Sifting through Borders

Even with all the chatter about the decline of the (paper) publishing industry, I try to keep my focus on my work and my energy on the positive-thinking side of the game.  But, of course, the hits just keep on coming.  Check out the latest on the Dystel & Goderich blog.  Here’s an article about it.

Y’all know I’m more a fan of the Used Book Store, but I also spend my fair share of minutes wandering about the local Borders.  It’s right down the street.  I can ride my bike there, or walk my dog and leave her at the bike rack, while I grab a $3 latte and meander around the shelves of new books.  Ahhhhh, the fresh smell of new paper.  I would miss them if they went away.

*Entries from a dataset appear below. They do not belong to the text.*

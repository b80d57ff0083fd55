// `net_model`: a draft that makes a network, and drafts that don't.

use fx_core::Ty;
use mfx_arith::{ArithOp, Variant};
use mfx_scaled::ScaledOp;
use net_model::{
    Block, Draft, Item, Kind, Name, NetKind, NetRefusal, Network, PartNo, Role, Wire, WireNo,
};
use std::alloc::Global;
use std::test::Fail;

// What the cases change of a network of two inputs, the conversion of the second to the first one's binary point, and
// the sum of both.
#[derive(Clone, Copy)]
struct Sum {
    // The least value of the first input.
    lo: i64,
    // The name of the sum, the type of its second input and its second argument.
    name: [u8; 1],
    second: Ty,
    y: WireNo,
    // How often it is an output.
    out_count: usize,
}

const SUM: Sum = Sum {
    lo: 0,
    name: [b's'],
    second: Ty::S16,
    y: WireNo(2),
    out_count: 1,
};

// Changes of the network for which it is refused.
#[derive(Clone, Copy)]
enum Change {
    UsedName,
    OwnArgument,
    OtherType,
    EmptyRange,
    OutputTwice,
    NoOutput,
}

fn changed(change: Change) -> Sum {
    match change {
        Change::UsedName => Sum {
            name: [b'a'],
            ..SUM
        },
        Change::OwnArgument => Sum {
            y: WireNo(3),
            ..SUM
        },
        Change::OtherType => Sum {
            second: Ty::U16,
            ..SUM
        },
        Change::EmptyRange => Sum { lo: 1001, ..SUM },
        Change::OutputTwice => Sum {
            out_count: 2,
            ..SUM
        },
        Change::NoOutput => Sum {
            out_count: 0,
            ..SUM
        },
    }
}

// The types of a routine that gives an s16 and whose first input is one.
fn variant_with(second: Ty) -> Result<Variant, Fail> {
    Ok(Variant::new(Ty::S16, second, Ty::S16).ok_or(NetKind::TypeDiffers)?)
}

pub(crate) fn add_wire(
    wires: &mut Vec<Wire>,
    alloc: Global,
    name: &[u8],
    kind: Kind,
    item: Item,
) -> Result<(), Fail> {
    let name = Name::new(alloc, name)?;
    Ok(wires.push(Wire { name, kind, item })?)
}

fn draft_of(alloc: Global, sum: Sum) -> Result<Draft, Fail> {
    let mut wires = Vec::new(alloc);
    let a = Item::Input {
        lo: sum.lo,
        hi: 1000,
    };
    add_wire(&mut wires, alloc, b"a", Kind::Num(Ty::S16, 0), a)?;
    let b = Item::Input { lo: -160, hi: 160 };
    add_wire(&mut wires, alloc, b"b", Kind::Num(Ty::S16, 4), b)?;
    let c = Item::Block(Block::Scaled {
        op: ScaledOp::Convert,
        v: variant_with(Ty::S16)?,
        x: WireNo(1),
        y: WireNo(1),
    });
    add_wire(&mut wires, alloc, b"c", Kind::Num(Ty::S16, 0), c)?;
    let s = Item::Block(Block::Arith {
        op: ArithOp::Add,
        v: variant_with(sum.second)?,
        x: WireNo(0),
        y: sum.y,
        z: WireNo(0),
        sh: 0,
    });
    add_wire(&mut wires, alloc, &sum.name, Kind::Num(Ty::S16, 0), s)?;
    let outs = vec![in alloc; WireNo(3); sum.out_count]?;
    Ok(Draft {
        axes: Vec::new(alloc),
        tables: Vec::new(alloc),
        wires,
        outs,
    })
}

fn refusal_of(alloc: Global, sum: Sum) -> Result<Option<NetRefusal>, Fail> {
    match Network::new(alloc, draft_of(alloc, sum)?) {
        Ok(_) => Ok(None),
        Err(refusal) => Ok(Some(refusal)),
    }
}

// How many wires, parts, inputs and outputs a network has.
fn counts(net: &Network) -> [usize; 4] {
    [
        net.wires().len(),
        net.parts().len(),
        net.inputs().len(),
        net.outs().len(),
    ]
}

// The part of the third wire, if there is one.
fn third_part(net: &Network) -> Option<PartNo> {
    if net.wires().len() > 2 {
        net.part_of(WireNo(2), Role::Value)
    } else {
        None
    }
}

// What a network says of itself: its counts, the wires of two names, its third wire's part, and whether it is smooth.
type Facts = ([usize; 4], [Option<WireNo>; 2], Option<PartNo>, bool);

fn facts(net: &Network) -> Facts {
    let found = [net.find(b"c"), net.find(b"t")];
    (counts(net), found, third_part(net), net.smooth().is_ok())
}

fn facts_of(alloc: Global, sum: Sum) -> Result<Facts, Fail> {
    let net = Network::new(alloc, draft_of(alloc, sum)?)?;
    Ok(facts(&net))
}

#[test]
fn makes_a_network(rt: HostRuntime) -> Result<(), Fail> {
    let found = facts_of(rt.alloc(), SUM)?;
    let wanted = ([4, 4, 2, 1], [Some(WireNo(2)), None], Some(PartNo(2)), true);
    assert_eq!(rt; found, wanted);
    Ok(())
}

#[test]
fn refuses_drafts(rt: HostRuntime) -> Result<(), Fail> {
    for (change, wire, kind) in [
        (Change::UsedName, 3, NetKind::Repeated),
        (Change::OwnArgument, 3, NetKind::LaterWire),
        (Change::OtherType, 3, NetKind::TypeDiffers),
        (Change::EmptyRange, 0, NetKind::OutOfRange),
        (Change::OutputTwice, 4, NetKind::Repeated),
        (Change::NoOutput, 4, NetKind::Missing),
    ] {
        let refusal = refusal_of(rt.alloc(), changed(change))?;
        assert_eq!(rt; refusal, Some(NetRefusal::At { wire, kind }));
    }
    Ok(())
}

4 thoughts on “Sifting through Borders

  1. lisahgolden

    I love book stores and would like to spend more time in them. It’s one of those things you don’t think about until they’re hard to come by. When we decided to move to the middle of nowhere, it didn’t occur to me how much I’d miss being able to pop over to this store or that.

    Here’s good news. I just saw on Twitter that an all poetry book store had opened in Denver, I believe.

  2. amyg

    i may be in denial, but i’m wrapping this one up as simply a business that didn’t know how to take care of business. B&N wins because it is better at catering to everybody including the nonreaders or casual book buyers (as opposed to book buyers like me who are a bit more hardcore with their book buying habits in the way that Scott Weiland is more hardcore with his drug taking habits). in the same vein, i think that many independent bookstores will be able to win that: 1.) cater to the book buyers like me, and 2.) are located in cities that can support such markets.

    again, this is mostly likely me, a-wannabe-bestselling-author-who-makes-millions-writing-and-selling-traditional-books-printed-on-real-paper-bound-between-two-hardcovers-with-my-face-and-a-quick-paragraph-summing-up-my-writing-career-on-the-back-flap, IN COMPLETE DENIAL.

  3. Teri Post author

    Definitely a business-model and management problem for Borders, but geez … like there aren’t already enough problems in Book Land.

  4. glasseye

    This is depressing as hell, given how much time I spend at my local Borders. While I’m fine – more than fine – with ebooks, I love having a place to go and hang out and kill a few hours surrounded by the real thing. I hope Borders pulls itself together.